そのグランドオーダーの節目となる第1部は、2016年末に無事幕を閉じました。その時点でのメインストーリーとイベントシナリオを合わせると、文字数はなんと200万超え。スマホ向けにリリースされる基本無料のゲームは、休み時間や電車待ちの間でも気軽に楽しめるように、1回のプレイが短くてさくさくと遊べるような設計が多くあります。しかし『FGO』は、物語を濃密に描くという方向性に梶を切り、標準的なスマホアプリとは異なる路線を進み、その結果大きなヒットを記録しています。
また『FGO』は、『Fate』シリーズという視点から見ても異質な作品とも言えます。シリーズの原点となる『Fate/stay night』をはじめ多くのシリーズ作は、「一人のマスターが一騎のサーヴァントを召喚して契約する」「マスター7名がそれぞれのサーヴァントを駆使して戦い合い、最後に残った一人が願望機である“聖杯”を手にする」という「聖杯戦争」をベースとしていますが、『FGO』はこの基本構造から大きく離れています。
未来の人類史を保証する「人理継続保障機関フィニス・カルデア」は、2016年より先の未来が観測できなくなったことを知り、その異変の原因が過去にあると特定。人理の焼却を行う存在の妨害で人類最後のマスターとなった主人公は、カルデアのサポートを受けることで複数のサーヴァントと契約し、人理焼却へと立ち向かいます。

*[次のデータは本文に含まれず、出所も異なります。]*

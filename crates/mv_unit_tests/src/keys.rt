//! Keys beside the lists of their values.

use crate::cases::ensure_at;
use crate::values::{Given, value};
use mv_values::copied::Copied;
use mv_values::key::{key_after, key_from};
use mv_values::list::List;
use mv_values::memory::NoMemory;
use mv_values::value::{Key, Value, are_same, compare_keys};
use std::alloc::Global;
use std::cmp::Ordering;
use std::test::Fail;

/// Keys in rising order, of none to five values.
const KEYS: &[&[Given]] = &[
    &[],
    &[Given::Number(i64::MIN)],
    &[Given::Number(-1)],
    &[Given::Number(-1), Given::Number(7)],
    &[Given::Number(-1), Given::Text("")],
    &[Given::Number(0)],
    &[Given::Number(0), Given::Number(-1)],
    &[Given::Number(0), Given::Number(0)],
    &[
        Given::Number(0),
        Given::Number(0),
        Given::Number(0),
        Given::Number(0),
    ],
    &[
        Given::Number(0),
        Given::Number(0),
        Given::Number(0),
        Given::Number(0),
        Given::Number(0),
    ],
    &[Given::Number(0), Given::Number(0), Given::Number(1)],
    &[
        Given::Number(1),
        Given::Number(2),
        Given::Number(3),
        Given::Number(-4),
    ],
    &[
        Given::Number(1),
        Given::Number(2),
        Given::Number(3),
        Given::Number(4),
        Given::Number(-5),
    ],
    &[
        Given::Number(1),
        Given::Number(2),
        Given::Number(3),
        Given::Number(4),
        Given::Text("a"),
    ],
    &[
        Given::Number(1),
        Given::Number(2),
        Given::Number(3),
        Given::Text("a"),
    ],
    &[Given::Number(1), Given::Text("a")],
    &[Given::Number(1), Given::Text("a"), Given::Number(2)],
    &[Given::Number(i64::MAX)],
    &[Given::Text("")],
    &[Given::Text("a"), Given::Number(3)],
    &[Given::Text("ab")],
];

fn list_of(alloc: Global, case: &[Given]) -> Result<List<Value>, NoMemory> {
    let mut values = List::new(alloc);
    for given in case {
        values.push(value(alloc, given)?)?;
    }
    Ok(values)
}

/// Whether two keys, and the lists of their values, compare so.
fn compare_so(
    alloc: Global,
    case: &[Given],
    other: &[Given],
    want: Ordering,
) -> Result<bool, NoMemory> {
    let values = list_of(alloc, case)?;
    let other_values = list_of(alloc, other)?;
    let key = key_from(alloc, values.as_slice())?;
    let other_key = key_from(alloc, other_values.as_slice())?;
    Ok(
        key.order(&other_key) == want
            && (key == other_key) == want.is_eq()
            && compare_keys(values.as_slice(), other_values.as_slice()) == want,
    )
}

#[test]
fn keys_compare_as_their_values_do(rt: HostRuntime) -> Result<(), Fail> {
    let alloc = rt.alloc();
    for (i, case) in KEYS.iter().enumerate() {
        for (j, other) in KEYS.iter().enumerate() {
            ensure_at(alloc, compare_so(alloc, case, other, i.cmp(&j))?, i)?;
        }
    }
    Ok(())
}

/// Whether the key has these values, one by one and as a list. Where it has none there is a 0.
fn has_values(alloc: Global, key: &Key, values: &[Value]) -> Result<bool, NoMemory> {
    for (at, value) in values.iter().enumerate() {
        if !key.part(at).copy(alloc)?.order(value).is_eq() {
            return Ok(false);
        }
    }
    let listed = key.values(alloc)?;
    Ok(
        key.len() == values.len()
            && key.part(values.len()).number() == Some(0)
            && are_same(listed.as_slice(), values),
    )
}

#[test]
fn keys_have_the_values_they_are_made_of(rt: HostRuntime) -> Result<(), Fail> {
    let alloc = rt.alloc();
    for (i, case) in KEYS.iter().enumerate() {
        let values = list_of(alloc, case)?;
        let key = key_from(alloc, values.as_slice())?;
        ensure_at(alloc, has_values(alloc, &key, values.as_slice())?, i)?;
        let copy = key.copy(alloc)?;
        ensure_at(alloc, has_values(alloc, &copy, values.as_slice())?, i)?;
    }
    Ok(())
}

#[test]
fn a_number_is_put_in_front_of_a_key(rt: HostRuntime) -> Result<(), Fail> {
    let alloc = rt.alloc();
    for (i, case) in KEYS.iter().enumerate() {
        let mut values = list_of(alloc, case)?;
        let key = key_after(alloc, 8, &key_from(alloc, values.as_slice())?)?;
        values.insert(0, Value::Int(8))?;
        ensure_at(alloc, has_values(alloc, &key, values.as_slice())?, i)?;
    }
    Ok(())
}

具体的なゲームシステムで言えば、サポートを含めて最大6騎のサーヴァントを編成してターンバトルに挑む『FGO』。複数のサーヴァントを同時に駆使し、またそれぞれの長所が噛み合うような戦略を立てて戦うというのは、これまでの『Fate』シリーズのゲームにはない刺激的な切り口でした。また、『FGO』で初めて『Fate』を知った方は、過去作に触れた際、その違いに驚いたことでしょう。
スマホアプリとしても異例、『Fate』シリーズとしても異例だった『FGO』は、だからこそ唯一無二の魅力を放ち、今もユーザーを惹きつけて離しません。先日、第2部のプロローグがいよいよ配信され、2018年にはその展開も本格化することでしょう。2018年も、熱い年になりそうです。